BRIEF => Restate each entry word for word, leaving nothing out.

DATA EXTRACTS =>

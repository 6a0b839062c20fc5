// Reading all of a source.
ghost use Rattle.std.specs.Prelude.{◌≡◌, ◌≤◌, ◌<◌, ◌+◌, ◌++◌, [], IfErr, IfOk, OnOk, IsTrue, length, vec_len};
ghost use Rattle.frame_run.specs.Reads.{IsAll, WhyStopped};

use crate::framing::Framed;
use rent_buf::OutOfMemory;
use rent_io::ByteSource;
use std::alloc::{AllocError, Global};
use std::sync::Wait;

// How many bytes one read asks for.
const PIECE: usize = 65536;

/// All that a source gives, at most `most` bytes; or why not.
pub(crate) fn read_text<R: Wait, S: ByteSource>(
    rt: &R,
    alloc: Global,
    most: usize,
    source: &mut S,
) -> Result<Vec<u8>, Framed>
    ensures within { IfOk result (λ text. vec_len text ≤ most) }
    ensures read { IfOk result (λ text. IsTrue S.tells → IsAll (S.left source.old) (S.left source.new) text.items) }
    ensures calm { OnOk result (IsTrue S.tells → S.faults source.new ≡ S.faults source.old) }
    ensures why { IfErr result (WhyStopped S.tells most 0 (S.left source.old) (S.left source.new) (S.faults source.old)
        (S.faults source.new)) }
{
    let Ok(mut piece) = zeros(alloc, PIECE) else {
        return Err(Framed::OutOfMemory);
    };
    let mut text = Vec::new(alloc);
    for _ in rt.forever() {
        match read_some(most, source, &mut piece, &mut text) {
            Ok(0) => return Ok(text),
            Ok(_) => {}
            Err(why) => return Err(why),
        }
    }
    unreachable!()
}

// Reads once, and joins what came to the text; 0 is the end.
fn read_some<S: ByteSource>(
    most: usize,
    source: &mut S,
    piece: &mut Vec<u8>,
    text: &mut Vec<u8>,
) -> Result<usize, Framed>
    requires piece { 0 < vec_len piece.old }
    requires few { vec_len text.old ≤ most }
    ensures piece { vec_len piece.new ≡ vec_len piece.old }
    ensures joined { OnOk result (IsTrue S.tells → text.new.items ++ S.left source.new ≡ text.old.items ++ S.left source.old) }
    ensures few { OnOk result (vec_len text.new ≤ most) }
    ensures end { IfOk result (λ n. n ≡ 0 → IsTrue S.tells → S.left source.new ≡ []) }
    ensures calm { OnOk result (IsTrue S.tells → S.faults source.new ≡ S.faults source.old) }
    ensures faults { OnOk result (S.faults source.old ≤ S.faults source.new) }
    ensures why { IfErr result (WhyStopped S.tells most (vec_len text.old) (S.left source.old) (S.left source.new) (S.faults source.old)
        (S.faults source.new)) }
{
    let count = match source.read(piece.as_mut_slice()) {
        Ok(count) => count,
        Err(_) => return Err(Framed::ReadFault),
    };
    if most - text.len() < count {
        return Err(Framed::TooLong);
    }
    match append(text, &piece.as_slice()[..count]) {
        Ok(()) => Ok(count),
        Err(_) => Err(Framed::OutOfMemory),
    }
}

// Bytes join a text.
fn append(text: &mut Vec<u8>, bytes: &[u8]) -> Result<(), OutOfMemory>
    ensures ok { OnOk result (text.new.items ≡ text.old.items ++ bytes.now) }
    ensures count { OnOk result (vec_len text.new ≡ vec_len text.old + length bytes.now) }
{
    text.extend_from_slice(bytes)?;
    Ok(())
}

// So many bytes 0.
fn zeros(alloc: Global, count: usize) -> Result<Vec<u8>, AllocError>
    ensures { IfOk result (λ bytes. vec_len bytes ≡ count) }
{
    vec![in alloc; 0; count]
}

REPLY =>
repository 6a0b839062c20fc5
// Reading all of a source.
ghost use Rattle.std.specs.Prelude.{◌≡◌, ◌≤◌, ◌<◌, ◌+◌, ◌++◌, [], IfErr, IfOk, OnOk, IsTrue, length, vec_len};
ghost use Rattle.frame_run.specs.Reads.{IsAll, WhyStopped};

use crate::framing::Framed;
use rent_buf::OutOfMemory;
use rent_io::ByteSource;
use std::alloc::{AllocError, Global};
use std::sync::Wait;

// How many bytes one read asks for.
const PIECE: usize = 65536;

/// All that a source gives, at most `most` bytes; or why not.
pub(crate) fn read_text<R: Wait, S: ByteSource>(
    rt: &R,
    alloc: Global,
    most: usize,
    source: &mut S,
) -> Result<Vec<u8>, Framed>
    ensures within { IfOk result (λ text. vec_len text ≤ most) }
    ensures read { IfOk result (λ text. IsTrue S.tells → IsAll (S.left source.old) (S.left source.new) text.items) }
    ensures calm { OnOk result (IsTrue S.tells → S.faults source.new ≡ S.faults source.old) }
    ensures why { IfErr result (WhyStopped S.tells most 0 (S.left source.old) (S.left source.new) (S.faults source.old)
        (S.faults source.new)) }
{
    let Ok(mut piece) = zeros(alloc, PIECE) else {
        return Err(Framed::OutOfMemory);
    };
    let mut text = Vec::new(alloc);
    for _ in rt.forever() {
        match read_some(most, source, &mut piece, &mut text) {
            Ok(0) => return Ok(text),
            Ok(_) => {}
            Err(why) => return Err(why),
        }
    }
    unreachable!()
}

// Reads once, and joins what came to the text; 0 is the end.
fn read_some<S: ByteSource>(
    most: usize,
    source: &mut S,
    piece: &mut Vec<u8>,
    text: &mut Vec<u8>,
) -> Result<usize, Framed>
    requires piece { 0 < vec_len piece.old }
    requires few { vec_len text.old ≤ most }
    ensures piece { vec_len piece.new ≡ vec_len piece.old }
    ensures joined { OnOk result (IsTrue S.tells → text.new.items ++ S.left source.new ≡ text.old.items ++ S.left source.old) }
    ensures few { OnOk result (vec_len text.new ≤ most) }
    ensures end { IfOk result (λ n. n ≡ 0 → IsTrue S.tells → S.left source.new ≡ []) }
    ensures calm { OnOk result (IsTrue S.tells → S.faults source.new ≡ S.faults source.old) }
    ensures faults { OnOk result (S.faults source.old ≤ S.faults source.new) }
    ensures why { IfErr result (WhyStopped S.tells most (vec_len text.old) (S.left source.old) (S.left source.new) (S.faults source.old)
        (S.faults source.new)) }
{
    let count = match source.read(piece.as_mut_slice()) {
        Ok(count) => count,
        Err(_) => return Err(Framed::ReadFault),
    };
    if most - text.len() < count {
        return Err(Framed::TooLong);
    }
    match append(text, &piece.as_slice()[..count]) {
        Ok(()) => Ok(count),
        Err(_) => Err(Framed::OutOfMemory),
    }
}

// Bytes join a text.
fn append(text: &mut Vec<u8>, bytes: &[u8]) -> Result<(), OutOfMemory>
    ensures ok { OnOk result (text.new.items ≡ text.old.items ++ bytes.now) }
    ensures count { OnOk result (vec_len text.new ≡ vec_len text.old + length bytes.now) }
{
    text.extend_from_slice(bytes)?;
    Ok(())
}

// So many bytes 0.
fn zeros(alloc: Global, count: usize) -> Result<Vec<u8>, AllocError>
    ensures { IfOk result (λ bytes. vec_len bytes ≡ count) }
{
    vec![in alloc; 0; count]
}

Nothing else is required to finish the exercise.